Когда эскадрон, уже предвкушая отдых, въехал в деревню, Лесьер сразу услышал странные крики. Он пришпорил Орлика, и колонна драгун помчалась за ним следом. На площадь перед церковью согнали всех жителей. Бабы истошно голосили, но вырваться из круга никто не пытался. Вокруг них, охватывая цепочкой, крутились на маленьких лохматых лошадках татары. Время от времени они лупили нагайками подвернувшихся под руку и довольно похохатывали. Всех мужчин извлекали из толпы и пинками сгоняли отдельно.

Перед толпой стояло несколько вооруженных мужчин, ничем не отличающихся ни по внешнему виду, ни по одежде от деревенских. Тем не менее разница была понятна сразу. У пришельцев на кафтанах были нашиты хорошо различимые издалека красные звезды. Они внимательно рассматривали лица местных жителей.

— Что происходит? — спросил Лесьер у стоящего на ступеньках офицера с капитанскими погонами. — Я — лейтенант Темиров. Мы здесь квартируем.

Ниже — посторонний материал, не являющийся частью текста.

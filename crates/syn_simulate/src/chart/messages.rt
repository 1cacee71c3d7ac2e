//! What a chart says of messages.

use std::alloc::{AllocError, Global};
use syn_message::{Reply, ReplyMessage, Request};
use syn_path::Side;
use syn_world::{Machine, Message};

/// The machine that sent the message, and the one that it goes to.
pub(crate) fn ends_of(message: &Message) -> (Machine, Machine) {
    match message {
        Message::Asks(sending) => (Machine::Coordinator, Machine::Side(sending.to)),
        Message::Answers(side, _) => (Machine::Side(*side), Machine::Coordinator),
    }
}

/// Whether the message goes from the left to the right of the chart.
fn goes_right(message: &Message) -> bool {
    match message {
        Message::Asks(sending) => sending.to == Side::Right,
        Message::Answers(side, _) => *side == Side::Left,
    }
}

/// The message as it is sent: an arrow leads away from it.
pub(crate) fn sent_text(
    alloc: Global,
    number: usize,
    message: &Message,
) -> Result<String, AllocError> {
    let said = said(alloc, message)?;
    if goes_right(message) {
        return format!(in alloc; "{number} {said} -->");
    }
    format!(in alloc; "<-- {number} {said}")
}

/// The message as it comes: an arrow leads to it. The ending says what became of it.
pub(crate) fn came_text(
    alloc: Global,
    number: usize,
    message: &Message,
    ending: &str,
) -> Result<String, AllocError> {
    let said = said(alloc, message)?;
    if goes_right(message) {
        return format!(in alloc; "--> {number} {said}{ending}");
    }
    format!(in alloc; "{number} {said}{ending} <--")
}

/// What the message says.
fn said(alloc: Global, message: &Message) -> Result<String, AllocError> {
    match message {
        Message::Asks(sending) => asked(alloc, sending.message.session, &sending.message.request),
        Message::Answers(_, answered) => replied(alloc, answered),
    }
}

fn asked(alloc: Global, session: u64, request: &Request) -> Result<String, AllocError> {
    match request {
        Request::Begin { .. } => format!(in alloc; "begin {session}"),
        Request::List { path } => format!(in alloc; "list {path}"),
        Request::Fetch { path, offset, .. } => format!(in alloc; "fetch {path} from {offset}"),
        Request::Stage {
            item,
            offset,
            piece,
        } => format!(in alloc; "stage {item} at {offset}: {}", piece.as_slice().len()),
        Request::Replace { item, path, .. } => format!(in alloc; "replace {item} {path}"),
    }
}

fn replied(alloc: Global, answered: &ReplyMessage) -> Result<String, AllocError> {
    match &answered.reply {
        Reply::Begun { position } => {
            format!(in alloc; "begun {} at {position}", answered.session)
        }
        Reply::Listed { position, entries } => {
            format!(in alloc; "listed {} at {position}", entries.len())
        }
        Reply::NotDir { position } => format!(in alloc; "no directory at {position}"),
        Reply::Piece { total, bytes } => format!(in alloc; "piece {} of {total}", bytes.len()),
        Reply::Staged => format!(in alloc; "staged"),
        Reply::Done => format!(in alloc; "done"),
        Reply::Refused(why) => format!(in alloc; "refused {}", why.number()),
    }
}

/// Whether a newer message says that nobody waits for this one: the side was asked in a later
/// session, or for something else since.
pub(crate) fn is_late(sent: &[Message], message: &Message) -> bool {
    match message {
        Message::Asks(sending) => match newest(sent, sending.to) {
            Some((session, _)) => sending.message.session < session,
            None => false,
        },
        Message::Answers(side, answered) => {
            newest(sent, *side) != Some((answered.session, answered.number))
        }
    }
}

/// The session and the number of what the side was asked last.
fn newest(sent: &[Message], side: Side) -> Option<(u64, u32)> {
    for message in sent.iter().rev() {
        if let Message::Asks(sending) = message {
            if sending.to == side {
                return Some((sending.message.session, sending.message.number));
            }
        }
    }
    None
}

— Темиш Каблуков, — отдавая честь, назвался тот. Маленький, худой, в старой потертой егерской форме, он вроде бы с равнодушным выражением лица молча наблюдал за происходящим. — Командую вот этими. — Он показал на иррегуляров и, прищурившись, что-то заорал по-татарски. Один из всадников обернулся и отъехал от толпы в сторону, криво усмехаясь. — Брата у него убили, — извиняющимся тоном пояснил капитан, — все ищет причину прицепиться и зарубить кого. А насчет этого, — он махнул рукой в сторону толпы, — так все согласно предписанию: «В местах, где крепостные убили помещика, провести разбирательство. Виновных в кровавых деяниях наказать военно-полевым судом, прочих отправить по этапу в Сибирь». — Он явно цитировал наизусть. — Сейчас их много собирают в Пулавы. Усадьбу видели? Вот местные и спалили. Шестнадцать душ загубили. Хозяина, двух жен и четверых детей. Остальных уже просто потому, что под руку подвернулись и правоверные, но двое и христиане были… Тоже слуги, а не паны какие. Может, и не были они хорошими хозяевами, но это деяние наказуемо по любым законам. И по христианским тоже.